Beyond Synthetic Benchmarks: Evaluating LLM Performance on Real-World Class-Level Code Generation
Musfiqur Rahman, SayedHassan Khatoonabadi, Emad Shihab
TL;DR
This work reveals a substantial gap between synthetic benchmark performance and real-world class-level code generation by LLMs. By constructing RealClassEval with seen and unseen partitions and evaluating seven diverse LLMs across docstring and RAG configurations, the study shows real-world class-level correctness plummets from ~84–89% on synthetic tasks to ~25–34% on real-world tasks, with minimal difference between seen and unseen data. Docstrings yield only modest, often non-significant improvements; however, retrieval augmentation provides meaningful gains—4–7%—particularly when documentation is incomplete, supporting an information gap hypothesis. Error analysis identifies AttributeError, TypeError, and AssertionError as the dominant failure modes, with distinct patterns between synthetic and real-world settings and RAG-induced error substitutions that reduce some errors but introduce dependency-related ones. The findings suggest targeted improvements in object-oriented semantic understanding and context-aware retrieval, and they argue for more realistic, multi-faceted benchmarks to guide production-ready code-generation tools.
Abstract
Large language models (LLMs) have demonstrated strong performance on function-level code generation benchmarks, yet real-world software development increasingly demands class-level implementations that integrate multiple methods, attributes, and dependencies within authentic project contexts. This gap between benchmark performance and practical utility raises critical questions about LLMs' readiness for production code assistance, particularly regarding their ability to generalize across familiar and novel codebases. We introduce a benchmark derived from real-world open-source repositories, comprising classes divided into seen and unseen partitions to evaluate generalization under practical conditions.

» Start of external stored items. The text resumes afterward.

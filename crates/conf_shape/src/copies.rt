//! Copies of a raw configuration and its parts.

use crate::raw::{
    OneOrList, RawAcl, RawAclNames, RawBgp, RawDp, RawField, RawNames, RawOutput, RawPort,
    RawRouter, RawRule, RawStackEnd, RawVlan, VlanRef,
};
use net_base::{NoMemory, TryCopy};
use std::alloc::Global;

impl TryCopy for VlanRef {
    fn copy(&self, alloc: Global) -> Result<VlanRef, NoMemory> {
        match self {
            VlanRef::Vid(vid) => Ok(VlanRef::Vid(*vid)),
            VlanRef::Name(name) => Ok(VlanRef::Name(name.copy(alloc)?)),
        }
    }
}

impl<T: TryCopy + Drop> TryCopy for OneOrList<T> {
    fn copy(&self, alloc: Global) -> Result<OneOrList<T>, NoMemory> {
        match self {
            OneOrList::One(item) => Ok(OneOrList::One(item.copy(alloc)?)),
            OneOrList::List(items) => Ok(OneOrList::List(items.copy(alloc)?)),
        }
    }
}

impl TryCopy for RawNames {
    fn copy(&self, alloc: Global) -> Result<RawNames, NoMemory> {
        Ok(RawNames {
            key: self.key.copy(alloc)?,
            has_name: self.has_name,
            name: self.name.copy(alloc)?,
            description: self.description.copy(alloc)?,
        })
    }
}

impl TryCopy for RawAclNames {
    fn copy(&self, alloc: Global) -> Result<RawAclNames, NoMemory> {
        let one = match &self.one {
            Some(name) => Some(name.copy(alloc)?),
            None => None,
        };
        let list = match &self.list {
            Some(names) => Some(names.copy(alloc)?),
            None => None,
        };
        Ok(RawAclNames { one, list })
    }
}

impl TryCopy for RawStackEnd {
    fn copy(&self, alloc: Global) -> Result<RawStackEnd, NoMemory> {
        Ok(RawStackEnd {
            dp: self.dp.copy(alloc)?,
            port: self.port.copy(alloc)?,
        })
    }
}

impl TryCopy for RawPort {
    fn copy(&self, alloc: Global) -> Result<RawPort, NoMemory> {
        let native = match &self.native {
            Some(vlan) => Some(vlan.copy(alloc)?),
            None => None,
        };
        let stack = match &self.stack {
            Some(end) => Some(end.copy(alloc)?),
            None => None,
        };
        Ok(RawPort {
            names: self.names.copy(alloc)?,
            has_number: self.has_number,
            no: self.no,
            flags: self.flags,
            native,
            tagged: self.tagged.copy(alloc)?,
            acls: self.acls.copy(alloc)?,
            max_hosts: self.max_hosts,
            mirror: self.mirror.copy(alloc)?,
            stack,
        })
    }
}

impl TryCopy for RawDp {
    fn copy(&self, alloc: Global) -> Result<RawDp, NoMemory> {
        Ok(RawDp {
            names: self.names.copy(alloc)?,
            id: self.id,
            hardware: self.hardware.copy(alloc)?,
            timeout: self.timeout,
            arp_timeout: self.arp_timeout,
            stack_priority: self.stack_priority,
            lldp: self.lldp,
            drops: self.drops,
            ports: self.ports.copy(alloc)?,
        })
    }
}

impl TryCopy for RawVlan {
    fn copy(&self, alloc: Global) -> Result<RawVlan, NoMemory> {
        Ok(RawVlan {
            names: self.names.copy(alloc)?,
            has_vid: self.has_vid,
            vid: self.vid,
            acls: self.acls.copy(alloc)?,
            mac: self.mac,
            vips: self.vips.copy(alloc)?,
            routes: self.routes.copy(alloc)?,
            max_hosts: self.max_hosts,
            unicast_flood: self.unicast_flood,
        })
    }
}

impl TryCopy for RawField {
    fn copy(&self, alloc: Global) -> Result<RawField, NoMemory> {
        Ok(RawField {
            key: self.key.copy(alloc)?,
            field: self.field,
        })
    }
}

impl TryCopy for RawOutput {
    fn copy(&self, alloc: Global) -> Result<RawOutput, NoMemory> {
        let port = match &self.port {
            Some(port) => Some(port.copy(alloc)?),
            None => None,
        };
        Ok(RawOutput {
            port,
            ports: self.ports.copy(alloc)?,
        })
    }
}

impl TryCopy for RawRule {
    fn copy(&self, alloc: Global) -> Result<RawRule, NoMemory> {
        let mirror = match &self.mirror {
            Some(port) => Some(port.copy(alloc)?),
            None => None,
        };
        Ok(RawRule {
            fields: self.fields.copy(alloc)?,
            allow: self.allow,
            mirror,
            output: self.output.copy(alloc)?,
        })
    }
}

impl TryCopy for RawAcl {
    fn copy(&self, alloc: Global) -> Result<RawAcl, NoMemory> {
        Ok(RawAcl {
            name: self.name.copy(alloc)?,
            rules: self.rules.copy(alloc)?,
        })
    }
}

impl TryCopy for RawBgp {
    fn copy(&self, alloc: Global) -> Result<RawBgp, NoMemory> {
        Ok(RawBgp {
            our_as: self.our_as,
            neighbor_as: self.neighbor_as,
            routerid: self.routerid,
            vlan: self.vlan.copy(alloc)?,
        })
    }
}

impl TryCopy for RawRouter {
    fn copy(&self, alloc: Global) -> Result<RawRouter, NoMemory> {
        let bgp = match &self.bgp {
            Some(bgp) => Some(bgp.copy(alloc)?),
            None => None,
        };
        Ok(RawRouter {
            name: self.name.copy(alloc)?,
            vlans: self.vlans.copy(alloc)?,
            bgp,
        })
    }
}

We systematically examine how input specification completeness and retrieval-augmented generation affect class-level correctness across multiple state-of-the-art LLMs. Our evaluation reveals a substantial performance gap: while LLMs achieve 84 to 89% correctness on synthetic benchmarks, they attain only 25 to 34% on real-world class tasks, with minimal distinction between familiar and novel codebases. Comprehensive documentation provides marginal improvements (1 to 3%), whereas retrieval augmentation yields greater gains (4 to 7%) by supplying concrete implementation patterns. Error analysis identifies AttributeError, TypeError, and AssertionError as dominant failure modes, with distinct patterns between synthetic and real-world scenarios. These findings provide actionable insights for enhancing context modelling, documentation strategies, and retrieval integration in production code assistance tools.